We are equally blown away by the fact that atolls to crash onto exist at all. A mere 450 nautical miles separate the Marquesas from the Tuamotus, yet the total change in scenery couldn’t be more dramatic. Instead of being surrounded by lush volcanic peaks, all the while tugging at her chain in restless waters, O2 lies now gently floating in an infinity pool of clear azure, bordered by a string of coral islets that keep the ocean swell at bay. On one of those islets, approximately 250 people have settled in a regular village complete with solar panels, satellite dishes, telephone booths, a preschool, a Catholic church, a cemetary, a pearl farm, and even an airport.
It took us four days and three nights of struggling with a jumpy wind blowing from all directions to get here. At times that fickle wind would completely die down, at times it would build into a frightening squall as the ocean went crazy. And nearly did we.
But oh boy, what a reward it is to have finally arrived. Unlike Thor, my captain didn’t crash-land, but timed our entrance into the lagoon perfectly with the turning tides. At high and low tide, the ocean rushes in and out of the lagoon through a pass in the ring of corals at a peak speed of 8 knots. Timing matters, even once you’re inside the lagoon. To safely navigate among patches of corals, also known as coral heads or bommies, you need to be able to see them of course. This can be done using satellite imagery or polarized sunglasses when the sun is directly overhead or astern, or ideally both. Navigating through the lagoon of Raroia proved to be easy-peasy as the coral patches are huge and can’t be missed.
Another essential step is to check the seafloor for a sandy spot before dropping anchor. Our first attempt failed. To get a closer look, I went scouting with fins and a snorkel, which turned out to be the right approach. My Captain steered O2 towards the spot where I was sputtering and treading water, and down the anchor rattled, successfully this time.
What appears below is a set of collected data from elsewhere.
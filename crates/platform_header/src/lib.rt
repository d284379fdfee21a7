// Platform headers.
#![tactic(auto)]

ghost use Rattle.std.specs.Prelude.{◌≡◌, ◌≤◌, length};
ghost use Rattle.igvm_defs.specs.Kinds.{platform_list};
ghost use Rattle.platform_header.specs.Platforms.{platform_of, supported_platform_of};

use header::Header;

// The Rust's enum has one variant, SupportedPlatform, which holds these fields. An enum of one variant can't be taken apart in covered
// code, so a struct stands for it.
#[derive(Clone, Copy)]
pub struct IgvmPlatformHeader {
    pub compatibility_mask: u32,
    pub highest_vtl: u8,
    pub platform_type: u8,
    pub platform_version: u16,
    pub shared_gpa_boundary: u64,
}

fn supported_platform(b: &[u8]) -> IgvmPlatformHeader
    requires { 16 ≤ length b.now }
    ensures { result ≡ supported_platform_of b.now }
{
    IgvmPlatformHeader {
        compatibility_mask: le::u32_at(b, 0),
        highest_vtl: b[4],
        platform_type: b[5],
        platform_version: le::u16_at(b, 6),
        shared_gpa_boundary: le::u64_at(b, 8),
    }
}

impl Header for IgvmPlatformHeader {
    ghost list = { platform_list };

    ghost header_of = { platform_of };

    #[tactic(auto, unfolding(igvm_defs::specs::Kinds::kind_of, igvm_defs::specs::Kinds::spans, crate::specs::Platforms::platform_of))]
    fn decode(_kind: u32, body: &[u8]) -> IgvmPlatformHeader {
        supported_platform(body)
    }
}
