// Compatibility masks: shared bits, one-bit masks, and the set bits of a mask.
#![tactic(auto)]

ghost use Rattle.std.specs.Prelude.{◌≡◌, cond, not, [], ◌∷◌, ◌++◌, ◌+◌, ◌-◌, ◌≤◌, ◌<◌, eqb, take};
ghost use Rattle.rows.specs.Answered.{option_of};
ghost use Rattle.masks.specs.Masks.{shares, matches, is_one_bit, individual_masks, first_mask};
ghost use Rattle.masks.specs.Without.{without, lowest_bit};

#[tactic(auto, unfolding(crate::specs::Masks::shares))]
pub fn shares(m: u32, n: u32) -> bool
    ensures { result ≡ shares m n }
{
    m & n != 0
}

// The same of 64 bits. A generic one would ask for the operators and their laws by bounds, and be no plainer.
#[tactic(auto, unfolding(crate::specs::Masks::shares))]
pub fn shares_u64(m: u64, n: u64) -> bool
    ensures { result ≡ shares m n }
{
    m & n != 0
}

// The mask m holds every bit of the mask given.
#[tactic(auto, unfolding(crate::specs::Masks::matches))]
pub fn matches(given: u32, m: u32) -> bool
    ensures { result ≡ matches given m }
{
    m & given == given
}

// One bit is set: one less has none of the mask's bits. A count of the bits takes a dozen instructions.
pub fn is_one_bit(m: u32) -> bool
    ensures { result ≡ is_one_bit m }
{
    if m == 0 {
        return false;
    }
    m & (m - 1) == 0
}

// The bits of a mask that another has not.
#[tactic(auto, unfolding(crate::specs::Without::without))]
pub fn without(m: u32, held: u32) -> u32
    ensures { result ≡ without m held }
{
    m - (m & held)
}

// The lowest bit of a mask, as a mask; none where it has no bit. One less has all of its bits but that one.
#[tactic(auto, unfolding(crate::specs::Without::lowest_bit))]
fn lowest(m: u32) -> Option<u32>
    ensures { option_of result ≡ lowest_bit m }
{
    if m == 0 {
        return None;
    }
    Some(m - (m & (m - 1)))
}

// The lowest bit of a mask that another has not, as a mask; none where it has them all.
pub fn lowest_without(m: u32, held: u32) -> Option<u32>
    ensures { option_of result ≡ first_mask (λ bit. not (shares held bit)) (individual_masks m) }
{
    lowest(without(m, held))
}

// Up to 32 masks of one bit each: the first `count` of the array.
#[derive(Clone, Copy)]
pub struct Masks {
    pub masks: [u32; 32],
    pub count: usize,
}

impl Masks {
    // One mask more, where its bit is set.
    fn with_bit(self, set: bool, bit: u32) -> Masks
        requires { self.count < 32 }
        ensures { (take result.count result.masks ≡ take self.count self.masks ++ cond set (bit ∷ []) []) × (result.count ≤ self.count + 1) }
    {
        if !set {
            return self;
        }
        let n = self.count;
        let mut next = self;
        next.masks[n] = bit;
        next.count = n + 1;
        next
    }
}

// The set bits of a mask, each as a mask, lowest first.
pub fn extract_individual_masks(m: u32) -> Masks
    ensures { (take result.count result.masks ≡ individual_masks m) × (result.count ≤ 32) }
{
    let mut out = Masks {
        masks: [0; 32],
        count: 0,
    };
    for k in 0..32u32 {
        let bit: u32 = 1 << k;
        out = out.with_bit(shares(m, bit), bit);
    }
    out
}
Afterward, my Captain took a quick dive down to reassure himself that the anchor was indeed well buried in thick layers of sand, which it was. That’s when a massive grey reef shark suddenly swerved in, circling closer and closer, checking him out. It was too close for comfort, really, to the point that my Captain felt the need to bring his right hand into position to lightly tap the shark on the nose if need be. He had watched YouTube videos demonstrating this trick. Apparently, a human hand on the nose brings a shark into a trance of ‘tonic immobility’. We still don’t know whether caressing the nose is a valid defense, since the shark decided to keep his distance. Meanwhile, I got spooked by an aerodynamic, black-tipped reef shark as we were both patrolling the fringes of the reef, looking for fish. After these close encounters of the first kind, both my Captain and I hurried back on board O2 and immediately started checking the internet for shark data. It appears there’s no immediate cause for alarm. Later on, we asked a local for additional advice. ‘Oh, sure, accidents do happen. I was bitten in the leg once. But that was my fault. I went spearfishing and kept my catch too close to my body. As long as you are not spearfishing, you’re good.’ Nonetheless, this will take some getting used to. The Tuamotus are mind-blowing indeed.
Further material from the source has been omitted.